■ WHAT THE TASK ASKS
Reproduce only the lines from the one containing "MatchOption result ((l" through the end of the data, exactly as they stand.

■ ENTRIES SUPPLIED
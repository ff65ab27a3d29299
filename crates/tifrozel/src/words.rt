// The words of a command line.
ghost use Rattle.std.specs.Prelude.{◌≡◌, ◌≤◌, ℕ, List, true, ◌&&◌, length, is_some, IfSome, MatchOption, Some, None, ◌==◌, ◌≢◌, nat_lt, slice_index};
ghost use Rattle.tifrozel.specs.declared.words.EditionName.{EditionName};
ghost use Rattle.tifrozel.specs.declared.words.EditionName.TheVariants.{House as named_house};
ghost use Rattle.tifrozel.specs.Words.{AsksEdition, BeginWith, IsEditionNamed, IsCommandNamed, IsAsked, IsOption, SecondWrites};
ghost use Rattle.tifrozel.specs.Editions.{meant};

use record::{Bare, Edition, House, Level};
use std::alloc::{AllocError, Global};
use std::fmt;
use std::str::FromStr;

#[derive(Clone, Copy, Debug, PartialEq, Eq)]
pub enum EditionName {
    Bare,
    House,
}

// A word that names no edition.
#[derive(Clone, Copy, Debug, PartialEq, Eq)]
pub struct NoSuchEdition;

impl FromStr for EditionName {
    type Err = NoSuchEdition;

    ghost from_str_gives = { IsEditionNamed };

    fn from_str(word: &str) -> Result<EditionName, NoSuchEdition> {
        match word {
            "bare" => Ok(EditionName::Bare),
            "house" => Ok(EditionName::House),
            _ => Err(NoSuchEdition),
        }
    }
}

// An edition that is known by its name only when the program runs.
impl Edition for EditionName {
    ghost meaning = { meant };

    fn level(&self, code: u8) -> Option<Level> {
        match self {
            EditionName::Bare => Bare.level(code),
            EditionName::House => House.level(code),
        }
    }

    fn is_formed(&self, code: u8, line: &[u8]) -> bool {
        match self {
            EditionName::Bare => Bare.is_formed(code, line),
            EditionName::House => House.is_formed(code, line),
        }
    }
}

#[derive(Clone, Copy, Debug, PartialEq, Eq)]
pub enum Command {
    Read,
    Check,
    Open,
    TakeIn,
    Close,
    Show,
    Fetch,
    Balance,
    Plain,
}

impl fmt::Display for Command {
    fn fmt<W: fmt::Write>(&self, f: &mut fmt::Formatter<W>) -> fmt::Result {
        f.write_str(match self {
            Command::Read => "read",
            Command::Check => "check",
            Command::Open => "open",
            Command::TakeIn => "take-in",
            Command::Close => "close",
            Command::Show => "show",
            Command::Fetch => "fetch",
            Command::Balance => "balance",
            Command::Plain => "plain",
        })
    }
}

// How a command is written, for whoever wrote it otherwise. A type of its own, since the command alone is its word.
#[derive(Clone, Copy, Debug, PartialEq, Eq)]
pub struct Form(pub Command);

impl fmt::Display for Form {
    fn fmt<W: fmt::Write>(&self, f: &mut fmt::Formatter<W>) -> fmt::Result {
        let command = self.0;
        match command {
            Command::Read | Command::Check | Command::TakeIn => {
                write!(f, "write {command} FILE [under bare|house]")
            }
            Command::Open | Command::Close | Command::Balance => write!(f, "write {command} alone"),
            Command::Show => write!(f, "write {command} ENTRY [under bare|house], a number"),
            Command::Fetch => write!(f, "write {command} ENTRY RECORD, two numbers"),
            Command::Plain => write!(
                f,
                "write {command} ENTRY FILE [under bare|house], a number and a file"
            ),
        }
    }
}

// A word that names no command.
#[derive(Clone, Copy, Debug, PartialEq, Eq)]
pub struct NoSuchCommand;

impl FromStr for Command {
    type Err = NoSuchCommand;

    ghost from_str_gives = { IsCommandNamed };

    fn from_str(word: &str) -> Result<Command, NoSuchCommand> {
        match word {
            "read" => Ok(Command::Read),
            "check" => Ok(Command::Check),
            "open" => Ok(Command::Open),
            "take-in" => Ok(Command::TakeIn),
            "close" => Ok(Command::Close),
            "show" => Ok(Command::Show),
            "fetch" => Ok(Command::Fetch),
            "balance" => Ok(Command::Balance),
            "plain" => Ok(Command::Plain),
            _ => Err(NoSuchCommand),
        }
    }
}

// The edition that `COMMAND WORD [under EDITION]` asks for; none where the words are not so put.
pub fn edition_asked(words: &[String]) -> Option<EditionName>
    ensures words { is_some result ≡ true → 2 ≤ length words.now }
    ensures edition { MatchOption result ((e : EditionName) → ¬ (AsksEdition words.now e)) (λ e. AsksEdition words.now e) }
    ensures unnamed { length words.now ≡ 2 → result ≡ Some named_house }
    ensures ill_put { (length words.now ≢ 2) → (length words.now ≢ 4) → result ≡ None }
{
    match words {
        [_, _] => Some(EditionName::House),
        [_, _, under, name] if under.as_str() == "under" => name.as_str().parse().ok(),
        _ => None,
    }
}

// No shelf has more places.
const MOST_PLACES: usize = 500_000;

// No file has more payers than records.
pub const MOST_PAYERS: usize = 50_000;

// A number that an option gives, and the words behind it.
#[derive(Clone, Copy)]
pub struct Given<'a> {
    pub number: usize,
    pub words: &'a [String],
}

// The number behind the option of this name, where the words begin with it; else `otherwise`. None where no number stands
// there.
pub fn option<'a>(words: &'a [String], name: &str, otherwise: usize) -> Option<Given<'a>>
    ensures { MatchOption result (BeginWith name.now words.now × ((n : ℕ) → ¬ (SecondWrites words.now n))) (λ o. IsOption name.now otherwise words.now o.number o.words.now) }
{
    match words.split_first() {
        Some((first, rest)) if first.as_str() == name => {
            let (number, words) = rest.split_first()?;
            Some(Given {
                number: number.as_str().parse().ok()?,
                words,
            })
        }
        _ => Some(Given {
            number: otherwise,
            words,
        }),
    }
}

#[derive(Clone, Copy)]
pub struct Asked<'a> {
    // places on the shelf
    pub limit: usize,
    // rows of the payer table
    pub payers: usize,
    // the command, or the shelf, and what stands behind it
    pub words: &'a [String],
}

// What is asked, where the words before are `--limit N`, `--payers N`, both in this order, or none; none where they are others
// or nothing stands behind them.
pub fn options_asked(args: &[String]) -> Option<Asked<'_>>
    ensures limit { IfSome result (λ o. o.limit ≤ 500000) }
    ensures payers { IfSome result (λ o. o.payers ≤ 50000) }
    ensures some { IfSome result (λ o. 1 ≤ length o.words.now) }
    ensures asked { MatchOption result ((l p : ℕ) (ws : List _) → ¬ (IsAsked args.now l p ws)) (λ o. IsAsked args.now o.limit o.payers o.words.now) }
{
    let limit = option(args, "--limit", MOST_PLACES)?;
    let payers = option(limit.words, "--payers", MOST_PAYERS)?;
    let words = payers.words;
    if words.is_empty() {
        return None;
    }
    Some(Asked {
        limit: limit.number.min(MOST_PLACES),
        payers: payers.number.min(MOST_PAYERS),
        words,
    })
}

// The words of a line, parted by blanks.
pub fn words_of(heap: Global, line: &str) -> Result<Vec<String>, AllocError> {
    line.split_whitespace()
        .map(|word| String::from_str(heap, word))
        .try_collect(heap)
}

// Whether a line begins with `#`, and so asks for nothing.
pub fn is_comment(line: &str) -> bool
    ensures { result ≡ (nat_lt 0 (length line.now) && slice_index line.now 0 == 35) }
{
    line.as_bytes().starts_with(b"#")
}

■ FINISHED EXERCISE
    ensures asked { MatchOption result ((l p : ℕ) (ws : List _) → ¬ (IsAsked args.now l p ws)) (λ o. IsAsked args.now o.limit o.payers o.words.now) }
{
    let limit = option(args, "--limit", MOST_PLACES)?;
    let payers = option(limit.words, "--payers", MOST_PAYERS)?;
    let words = payers.words;
    if words.is_empty() {
        return None;
    }
    Some(Asked {
        limit: limit.number.min(MOST_PLACES),
        payers: payers.number.min(MOST_PAYERS),
        words,
    })
}

// The words of a line, parted by blanks.
pub fn words_of(heap: Global, line: &str) -> Result<Vec<String>, AllocError> {
    line.split_whitespace()
        .map(|word| String::from_str(heap, word))
        .try_collect(heap)
}

// Whether a line begins with `#`, and so asks for nothing.
pub fn is_comment(line: &str) -> bool
    ensures { result ≡ (nat_lt 0 (length line.now) && slice_index line.now 0 == 35) }
{
    line.as_bytes().starts_with(b"#")
}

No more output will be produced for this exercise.